There are many natural plant foods that are delicious and add important nutrients to your diet and these can be found all around the supermarket. Michigan Beans, for example are easy and convenient to add to meals and they help you get the fiber and protein you need to feel your best every day. Adding Michigan Beans to salads, chili, soup, pasta dishes or your favorite Mexican meal is an easy way to add more plants to your meals. 

To get started on a plant-forward eating pattern, think of yourself as a flexitarian – flexing your recipes and snack choices to include more plants.

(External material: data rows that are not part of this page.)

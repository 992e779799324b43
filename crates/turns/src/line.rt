//! The lines of a script.
use std::io;
use std::io::{BufRead, Read};

/// The most bytes that a command has: twelve times what it takes to spell the largest file.
pub(crate) const MOST_LINE: usize = 1_000_000;

// One byte more: a line that is too long is seen to be, and is never held whole.
const MOST_HELD: u64 = 1_000_001;

/// Reads the next line in place of the last one, without its line feed, and as far as it matters; whether there was one.
// As in `label`, which takes shorter ones: what it leaves of the input is told by no contract of the library, so it makes no public call.
pub(crate) fn next_line<R: BufRead>(input: &mut R, line: &mut Vec<u8>) -> io::Result<bool> {
    line.clear();
    let count = input.by_ref().take(MOST_HELD).read_until(b'\n', line)?;
    if line.last() == Some(&b'\n') {
        let _ = line.pop();
    } else if line.len() > MOST_LINE {
        let _ = input.skip_until(b'\n')?;
    }
    Ok(count > 0)
}

#[cfg(test)]
mod tests {
    use super::*;
    use std::io::BufReader;
    use std::test::Fail;

    #[test]
    fn lines_end_and_are_cut(rt: HostRuntime) -> Result<(), Fail> {
        let mut text = vec![in rt.alloc(); b'x'; 1_000_005]?;
        text.push(b'\n')?;
        text.push(b'y')?;
        let mut input = BufReader::new(rt.alloc(), text.as_slice())?;
        let mut line = Vec::new(rt.alloc());
        assert!(&rt; next_line(&mut input, &mut line)?);
        assert_eq!(&rt; line.len(), 1_000_001);
        assert!(&rt; next_line(&mut input, &mut line)?);
        assert_eq!(&rt; line.as_slice(), b"y".as_slice());
        assert!(&rt; !next_line(&mut input, &mut line)?);
        Ok(())
    }
}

For example, create the Plant-Powered Beef and Black Bean recipe below and serve it over brown rice for lunch or in tacos for dinner. Keep your desk stocked with nuts as an afternoon snack and choose fruit for dessert.

This recipe showcases how you can balance plants with meat in your meals by combining Michigan Black Beans, mushrooms and onions with lean ground beef. The fiber from the vegetables pairs with the protein to provide satiety, making you feel fuller on fewer calories. 

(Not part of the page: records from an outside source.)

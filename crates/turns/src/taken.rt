//! Turns that are taken on a board and a store, and what is printed of their outcomes.
use desk::Desk;
use fans::degrees;
use nodes::{ReadStore, WriteStore};
use plane::Kernel;
use refusal::{Cause, Layer, Refusal};
use runs::{Outcome, Turn, take_turn};
use walk::Found;

// The most vertices that a sheet can have.
const VERTICES: usize = 1028;

/// Takes a turn, and prints its outcome; any store will do. A list is lent a table for so many answers.
pub(crate) fn take<K: Kernel, S: WriteStore>(
    rt: &HostRuntime,
    desk: &mut Desk,
    store: &mut S,
    turn: &Turn<'_, K>,
    entries: usize,
) -> anyhow::Result<()> {
    // Any entry will do: those of the tips are written, and the others are not printed.
    let unwritten = Err(Refusal::new(Cause::NotThisStage, Layer::Place, 0));
    let mut answers = vec![in rt.alloc(); unwritten; entries]?;
    let before = degrees_at(rt, desk, store, turn)?;
    let outcome = take_turn(desk, store, turn, answers.as_mut_slice());
    match (turn, outcome) {
        (_, Outcome::Refused(refusal)) => print_refusal(rt, refusal),
        (_, Outcome::Answered(found)) => {
            rt.print("ok ")?;
            print_found(rt, found)?;
            Ok(rt.println("")?)
        }
        (Turn::List(tips), Outcome::Granted) => print_answers(rt, answers.as_slice(), tips.len()),
        (Turn::Round, Outcome::Granted) => {
            let after = degrees_at(rt, desk, store, turn)?;
            print_taken_out(rt, before.as_slice(), after.as_slice())
        }
        (_, Outcome::Granted) => Ok(rt.println("ok")?),
    }
}

// Of each vertex, how many live nodes have it as a corner, where the turn is a round.
fn degrees_at<K: Kernel, S: ReadStore>(
    rt: &HostRuntime,
    desk: &Desk,
    store: &S,
    turn: &Turn<'_, K>,
) -> anyhow::Result<Vec<u16>> {
    let mut found = Vec::new(rt.alloc());
    if let Turn::Round = turn {
        found = vec![in rt.alloc(); 0u16; VERTICES]?;
        let _ = degrees(store, desk.live_nodes(), found.as_mut_slice());
    }
    Ok(found)
}

// The vertices that a round took out: those that are no corner of a live node any more.
fn print_taken_out(rt: &HostRuntime, before: &[u16], after: &[u16]) -> anyhow::Result<()> {
    rt.print("ok")?;
    for (v, (old, new)) in before.iter().zip(after.iter()).enumerate() {
        if *old > 0 && *new == 0 {
            print!(rt; " {v}")?;
        }
    }
    Ok(rt.println("")?)
}

// The answers to so many tips.
fn print_answers(
    rt: &HostRuntime,
    answers: &[Result<Found, Refusal>],
    tips: usize,
) -> anyhow::Result<()> {
    rt.print("ok")?;
    for (i, answer) in answers.iter().take(tips).enumerate() {
        rt.print(if i == 0 { " " } else { "; " })?;
        match answer {
            Ok(found) => print_found(rt, *found)?,
            Err(refusal) => {
                let number = refusal.cause.number();
                print!(rt; "refused {number}")?;
            }
        }
    }
    Ok(rt.println("")?)
}

// The answer with the count of sides tested.
fn print_found(rt: &HostRuntime, found: Found) -> anyhow::Result<()> {
    let (kind, a, b) = found.answer.values();
    let tests = found.tests;
    print!(rt; "{kind} {a} {b} tests {tests}")?;
    Ok(())
}

/// Prints a refusal.
pub(crate) fn print_refusal(rt: &HostRuntime, refusal: Refusal) -> anyhow::Result<()> {
    let number = refusal.cause.number();
    let layer = refusal.layer.number();
    let place = refusal.place;
    println!(rt; "refused {number} {layer} {place}")?;
    Ok(())
}

/// Prints the nodes of a store, fourteen numbers each.
pub(crate) fn print_cards<S: ReadStore>(rt: &HostRuntime, store: &S) -> anyhow::Result<()> {
    rt.print("ok")?;
    for k in 0..store.count() {
        if k > 0 {
            rt.print(" |")?;
        }
        for i in 0..14 {
            if let Ok(number) = store.number(k, i) {
                print!(rt; " {number}")?;
            }
        }
    }
    Ok(rt.println("")?)
}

Plant-Powered Black Bean and Beef Blend – Make Once – Eat Twice! Blend yields approximately 8 cups which can be used in our Mexican Lasagna and Burrito Stuffed Peppers recipes below. 

Prep time: 20 minutes

Ingredients:

  • 1 medium yellow onion 
  • 8 oz. crimini mushrooms 
  • 1 pound lean ground beef 
  • 1 TBSP olive oil 
  • 2 cans (15 oz.) BUSH’S® Black Beans, drained 
  • 1 package (1 oz.) taco seasoning mix, 25% less sodium 
  • 1 can (15 oz.) crushed tomatoes 
  • 1 can (11oz.) yellow kernel corn, drained

Directions:

  1. Pulse onion and mushrooms in food processor until coarse texture. Set aside. 
  2. In large frying pan, brown ground beef. Drain fat. Set ground beef aside in separate bowl. 
  3. In same frying pan, heat oil. Add onions and mushrooms from food processor and sauté for 3-4 minutes or until most of the moisture has been released. Add the black beans and mix. 
  4. Add the cooked ground beef, taco seasoning, crushed tomatoes and corn to the black bean and mushroom blend. Mix and cook until heated through. 
  5. Set aside 2 cups for Burrito Stuffed Peppers and 6 cups for Mexican Lasagna. 

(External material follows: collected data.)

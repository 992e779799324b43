//! The words of a command.
use std::alloc::{AllocError, Global};
use std::num::ParseIntError;
use std::str::{FromStr, Split};

/// The number that the next word stands for; none where there is no word, or one that is no such number.
pub(crate) fn number<N: FromStr<Err = ParseIntError>>(words: &mut Split<'_, char>) -> Option<N> {
    words.next()?.parse::<N>().ok()
}

// The value of a hexadecimal digit, in small letters only: the library's functions take capitals too.
fn digit(b: u8) -> Option<u8> {
    match b {
        b'0'..=b'9' => Some(b - b'0'),
        b'a'..=b'f' => Some(b - b'a' + 10),
        _ => None,
    }
}

/// The bytes that a word of hexadecimal digits stands for; none where it is no such word.
pub(crate) fn bytes_of(heap: Global, word: &str) -> Result<Option<Vec<u8>>, AllocError> {
    let mut bytes = Vec::new(heap);
    // A dash stands for no bytes at all, where an empty word would not be seen.
    if word == "-" {
        return Ok(Some(bytes));
    }
    for pair in word.as_bytes().chunks(2) {
        let [high, low] = pair else {
            return Ok(None);
        };
        let (Some(high), Some(low)) = (digit(*high), digit(*low)) else {
            return Ok(None);
        };
        bytes.push(high.wrapping_mul(16).wrapping_add(low))?;
    }
    Ok(Some(bytes))
}

/// A digest of many numbers, from the digest of those before `more`.
// Row by row: over an iterator of the numbers of all rows (`flat_map`) it takes twice as long and more.
pub(crate) fn digest(before: u32, more: &[u16]) -> u32 {
    more.iter().fold(
        before,
        |all, number| all.wrapping_mul(31).wrapping_add(u32::from(*number)),
    )
}
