//! Tips as the words of a script spell them, and lists of them.
ghost use Rattle.std.specs.Prelude.{◌<◌};

use crate::words::number;
use plane::{RationalTip, WholeTip};
use std::alloc::{AllocError, Global};
use std::str::Split;

/// A tip as words spell it. It is no `FromStr`, since each takes several words.
pub(crate) trait Spelled: Sized {
    /// How many words spell one.
    fn words() -> usize
        ensures { 0 < result };

    /// The tip that the next words spell; none where one is no number of it.
    fn read(words: &mut Split<'_, char>) -> Option<Self>;
}

impl Spelled for WholeTip {
    fn words() -> usize {
        2
    }

    fn read(words: &mut Split<'_, char>) -> Option<WholeTip> {
        let x = number(words)?;
        let y = number(words)?;
        Some(WholeTip { x, y })
    }
}

impl Spelled for RationalTip {
    fn words() -> usize {
        3
    }

    fn read(words: &mut Split<'_, char>) -> Option<RationalTip> {
        let x = number(words)?;
        let y = number(words)?;
        let z = number(words)?;
        Some(RationalTip { x, y, z })
    }
}

/// Tips, and into a table of how many entries they are to be answered.
#[derive(Drop)]
pub(crate) struct Listed<K> {
    pub(crate) tips: Vec<K>,
    pub(crate) entries: usize,
}

/// The list that all the next words ask for: a count of entries, and tips; or what is printed where they spell none.
// The words of tips are counted before any is read, so that what is printed of a wrong count does not depend on what they are.
pub(crate) fn list_of<K: Spelled + Drop>(
    heap: Global,
    words: &mut Split<'_, char>,
) -> Result<Result<Listed<K>, &'static str>, AllocError> {
    let Some(entries) = number::<u16>(words) else {
        return Ok(Err("no such number"));
    };
    let count = words.clone()?.count();
    if count % K::words() != 0 {
        return Ok(Err("no such tips"));
    }
    let mut tips = Vec::new(heap);
    for _ in 0..count / K::words() {
        let Some(tip) = K::read(words) else {
            return Ok(Err("no such number"));
        };
        tips.push(tip)?;
    }
    let entries = usize::from(entries);
    Ok(Ok(Listed { tips, entries }))
}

For your favorite recipes, use 4 cups Plant-Powered Black Bean and Beef Blend to replace one pound ground beef. 

Nutrition information (per ½ cup serving): 113 calories, 4.5 g fat, 11 g carbohydrate, 3 g fiber,    9 g protein, 218 mg sodium

Mexican Lasagna

Makes 6-8 servings

Ingredients:

  • Approx. 6 cups Plant-Powered Black Bean and Beef Blend 
  • 16 yellow corn tortillas 
  • 1 -2 cups shredded low-fat Mexican cheese blend

Directions:

  1. Preheat oven to 350°F. 
  2. Spray bottom of an 9 X 13 baking dish with vegetable cooking spray. Place 4 corn tortillas on bottom of baking dish and layer approx. 2 cups Plant-Powered Black Bean and Beef Blend on top; Repeat layers ending with tortillas as top layer. Top with cheese. 
  3. Bake uncovered for 25 minutes until cheese melts and casserole is heated through.
  4. Top with light sour cream or diced avocado if desired.

Burrito Stuffed Peppers

Makes 4 pepper halves

Ingredients:

  • 2 cups Plant-powered Black Bean and Beef Blend 
  • 1 cup cooked brown rice 
  • 2 large red bell peppers 
  • 1 cup shredded low-fat Mozzarella cheese

Directions:

  1. Preheat oven to 350°F. In a large bowl, mix together cooked rice and prepared Plant-Powered Black Bean and Chicken Blend. 
  2. Cut peppers in half lengthwise and remove seeds. Place cut side up in a 9 x 13 baking dish.
  3. Spoon blend mixture into each pepper half (approximately ½ cup in each). Sprinkle each pepper with 2 tablespoons shredded cheese. 
  4. Cover baking dish with foil and bake for 30 minutes or until peppers are softened. 

Add additional toppings as desired: Salsa, Cilantro Sour Cream (recipe below), Diced Avocado. 

Cilantro Sour Cream Recipe Mix 1 cup low fat sour cream, 6 Tbsps. fresh chopped cilantro and 2 Tbsps. lime juice in small bowl. Cover and refrigerate until ready to serve.